Note that this document is not the Institute’s formal guidance on this procedure. The recommendations are provisional and may change after consultation.
The process that the Institute will follow after the consultation period ends is as follows.
The Advisory Committee will meet again to consider the original evidence and its provisional recommendations in the light of the comments received during consultation.
The Advisory Committee will then prepare draft guidance which will be the basis for the Institute’s guidance on the use of the procedure in the NHS in England, Wales, Scotland and Northern Ireland.
For further details, see the Interventional Procedures Programme manual, which is available from the Institute’s website (www.nice.org.uk/ipprogrammemanual).
Closing date for comments: 24 July 2007
Target date for publication of guidance: November 2007
Note that this document is not the Institute’s guidance on this procedure. The recommendations are provisional and may change after consultation.
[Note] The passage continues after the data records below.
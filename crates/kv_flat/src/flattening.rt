// Flattening a unit.

ghost use Rattle.std.specs.Prelude.{◌≡◌, ◌+◌, true, map, [], Ok, IfErr};
ghost use Rattle.std.specs.List.{list_all};
ghost use Rattle.kv_flat.specs.Faults.{has_fault_row};
ghost use Rattle.kv_flat.specs.Items.{with_items};
ghost use Rattle.kv_flat.specs.Units.{Flattens, signature_of};
ghost use Rattle.kv_syn.specs.ProjectBridge.{plain_item, plain_unit};
ghost use Rattle.kv_syn.specs.Readable.{is_readable_unit, is_readable_item};

use crate::faults::FlatError;
use crate::flats::{Flats, Flattened};
use crate::items::declare;
use kv_sig::{Flat, Sig};
use kv_syn::{Item, Kind, List, Steps, Unit};
use std::alloc::Global;
use std::sync::ledger::Ledger;

/// What the theorems of the unit see, over the units that it uses: so far the symbols of its items. `Bad` has the
/// first fault of the items. Counts one step.
pub fn flatten<L: Ledger>(
    alloc: Global,
    unit: &Unit,
    _below: &Flats,
    steps: &mut Steps<L>,
) -> Result<Flattened, FlatError>
    requires { is_readable_unit unit.now ≡ true }
    ensures flat { Flattens (signature_of (plain_unit unit.now)) result }
    ensures bad { IfErr result (λ error. has_fault_row error ≡ true) }
    ensures steps { steps.new ≡ steps.old + 1 }
{
    steps.tick();
    match &unit.kind {
        Kind::Basic(items) => basic(alloc, items.items()),
        _ => unreachable!(),
    }
}

fn basic(alloc: Global, items: &[Item]) -> Result<Flattened, FlatError>
    requires { list_all is_readable_item items.now ≡ true }
    ensures flat { Flattens (with_items (Ok []) (map plain_item items.now)) result }
    ensures bad { IfErr result (λ error. has_fault_row error ≡ true) }
{
    let mut sig = Sig::new(alloc);
    for item in items {
        declare(alloc, item, &mut sig)?;
    }
    let flat = Flat {
        sig,
        entries: List::new(alloc),
        gens: List::new(alloc),
        bodies: List::new(alloc),
    };
    Ok(Flattened {
        flat,
        obligations: List::new(alloc),
    })
}
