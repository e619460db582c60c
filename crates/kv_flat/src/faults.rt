// Why a unit has no flat.

ghost use Rattle.std.specs.Prelude.{◌≡◌, ◌<◌, true, Some, Err, IfOk};
ghost use Rattle.kv_flat.specs.Faults.{Finds, has_fault_row};
ghost use Rattle.kv_flat.specs.Items.{fault_of};
ghost use Rattle.kv_table.specs.Reasons.{reason_count};

use kv_syn::{Label, List, Name, NoMemory, Reason};
use std::alloc::Global;
use thiserror::Error;

/// Why a unit has no flat.
#[derive(Debug, Drop, Error)]
pub enum FlatError {
    /// The unit's first fault.
    #[error("bad unit")]
    Bad(Reason),
    #[error("no memory")]
    NoMemory,
}

impl From<NoMemory> for FlatError {
    ghost use Rattle.std.specs.Prelude.{◌≡◌};
    ghost use Rattle.kv_flat.specs.declared.faults.FlatError.{FlatError};

    ghost from_gives = { λ _ error. error ≡ FlatError.NoMemory };

    fn from(_error: NoMemory) -> FlatError {
        FlatError::NoMemory
    }
}

/// The fault that speaks of that name.
pub fn fault(alloc: Global, word: u32, name: &Name) -> FlatError
    requires { word < reason_count }
    ensures fault { Finds (Some (fault_of word name.now)) (Err result) }
    ensures row { has_fault_row result ≡ true }
{
    match reason(alloc, word, name) {
        Ok(reason) => FlatError::Bad(reason),
        Err(NoMemory) => FlatError::NoMemory,
    }
}

/// A reason with one name.
fn reason(alloc: Global, word: u32, name: &Name) -> Result<Reason, NoMemory>
    ensures { IfOk result (λ reason. reason ≡ fault_of word name.now) }
{
    let mut names = List::new(alloc);
    names.push(Label::from_bytes(alloc, name.bytes())?)?;
    Ok(Reason { word, names })
}
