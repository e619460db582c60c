// Flats and the results of a check.

use kv_sig::Flat;
use kv_syn::{Entry, List, Name, Reason, Table};

/// What the theorems of a unit see, and the obligations that the unit has to prove.
#[derive(Drop)]
pub struct Flattened {
    pub flat: Flat,
    pub obligations: List<Entry>,
}

/// How another unit may use this one. It is known of a bad unit too.
#[derive(Drop)]
pub enum FlatForm {
    Plain,
    /// A parameterised unit, with its parameter's name.
    Generic(Name),
    Module,
}

/// A unit's flat, or its first fault.
#[derive(Drop)]
pub enum Judged {
    Good(Flattened),
    Bad(Reason),
}

/// A unit with what it was judged to be.
#[derive(Drop)]
pub struct FlatRow {
    pub unit: Name,
    pub form: FlatForm,
    pub result: Judged,
}

/// The units of a project that were judged, in its order.
pub type Flats = List<FlatRow>;

/// What is known of a whole project.
#[derive(Drop)]
pub struct Checked {
    pub flats: Flats,
    pub table: Table,
}
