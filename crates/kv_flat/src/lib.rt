//! What the theorems of a unit see: its signature, entries, clauses and bodies.
#![tactic(auto)]

mod faults;
mod flats;
mod flattening;
mod items;

pub use faults::FlatError;
pub use flats::{Checked, FlatForm, FlatRow, Flats, Flattened, Judged};
pub use flattening::flatten;
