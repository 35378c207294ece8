//! Whether two entries are the same: by this the log of a slave's store is compared with its master's.
//!
//! What it promises. Two entries are found the same exactly where they are equal in all that they
//! say, and two data exactly where they have the same keys with the same values.
//!
//! The contracts that say so: `is_same_entry`, `is_same_data`.
#![tactic(auto)]

mod data;
mod entries;

pub use data::is_same_data;
pub use entries::is_same_entry;
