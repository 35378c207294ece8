//! Whether two entries are the same.
ghost use Rattle.std.specs.Prelude.{◌≡◌, ◌↔◌, IsTrue};

use super::data::is_same_data;
use tao_base::{Change, Edge, Entry, Object, Touch};

fn is_same_object(object: &Object, other: &Object) -> bool
    ensures { IsTrue result ↔ (object.now ≡ other.now) }
{
    object.otype == other.otype && is_same_data(&object.payload, &other.payload)
}

fn is_same_edge(edge: &Edge, other: &Edge) -> bool
    ensures { IsTrue result ↔ (edge.now ≡ other.now) }
{
    edge.id2 == other.id2
        && edge.time == other.time
        && edge.stamp == other.stamp
        && is_same_data(&edge.payload, &other.payload)
}

fn is_same_change(change: &Change, other: &Change) -> bool
    ensures { IsTrue result ↔ (change.now ≡ other.now) }
{
    match (change, other) {
        (Change::PutObject(object), Change::PutObject(another)) => is_same_object(object, another),
        (Change::DropObject, Change::DropObject) => true,
        (
            Change::SetEdge { edge, was },
            Change::SetEdge {
                edge: another,
                was: before,
            },
        ) => was == before && is_same_edge(edge, another),
        (
            Change::CutEdge { id2, stamp, was },
            Change::CutEdge {
                id2: another,
                stamp: mark,
                was: before,
            },
        ) => id2 == another && stamp == mark && was == before,
        (_, _) => false,
    }
}

fn is_same_touch(touch: &Touch, other: &Touch) -> bool
    ensures { IsTrue result ↔ (touch.now ≡ other.now) }
{
    touch.key == other.key
        && touch.version == other.version
        && is_same_change(&touch.change, &other.change)
}

fn are_same_touches(touches: &[Touch], others: &[Touch]) -> bool
    ensures { IsTrue result ↔ (touches.now ≡ others.now) }
{
    if touches.len() != others.len() {
        return false;
    }
    for (touch, other) in touches.iter().zip(others) {
        if !is_same_touch(touch, other) {
            return false;
        }
    }
    true
}

/// Whether two entries are the same in all that they say.
pub fn is_same_entry(entry: &Entry, other: &Entry) -> bool
    ensures { IsTrue result ↔ (entry.now ≡ other.now) }
{
    entry.position == other.position
        && entry.kind == other.kind
        && entry.origin == other.origin
        && are_same_touches(entry.touches.as_slice(), other.touches.as_slice())
}
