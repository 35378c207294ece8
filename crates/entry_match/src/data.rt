//! Whether two data are the same.
ghost use Rattle.std.specs.Prelude.{◌≡◌, ◌↔◌, IsTrue};

use tao_base::{Data, Pair};

fn is_same_pair(pair: &Pair, other: &Pair) -> bool
    ensures { IsTrue result ↔ (pair.now ≡ other.now) }
{
    pair.key.as_str() == other.key.as_str() && pair.value.as_str() == other.value.as_str()
}

fn are_same_pairs(pairs: &[Pair], others: &[Pair]) -> bool
    ensures { IsTrue result ↔ (pairs.now ≡ others.now) }
{
    if pairs.len() != others.len() {
        return false;
    }
    for (pair, other) in pairs.iter().zip(others) {
        if !is_same_pair(pair, other) {
            return false;
        }
    }
    true
}

/// Whether two data have the same keys with the same values.
pub fn is_same_data(payload: &Data, other: &Data) -> bool
    ensures { IsTrue result ↔ (payload.now ≡ other.now) }
{
    are_same_pairs(payload.pairs(), other.pairs())
}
1 Provisional recommendations
1.1 Current evidence on the efficacy of Grenz rays therapy for inflammatory skin conditions is very limited and is difficult to assess since reported patient groups are heterogeneous and patient numbers are small. With regard to safety, there is some concern about the risk of skin malignancy in the long term. Therefore, clinicians wishing to use Grenz rays therapy should do so only in research involving controlled trials, closely observed case series and/or contribution to a register. Studies should include clear definitions of treatment indications and quality of life measures.
1.2 Grenz rays therapy should be offered only to carefully selected patients whose inflammatory skin conditions have failed to respond to other treatments.
1.3 The Institute may review this procedure in the light of further research.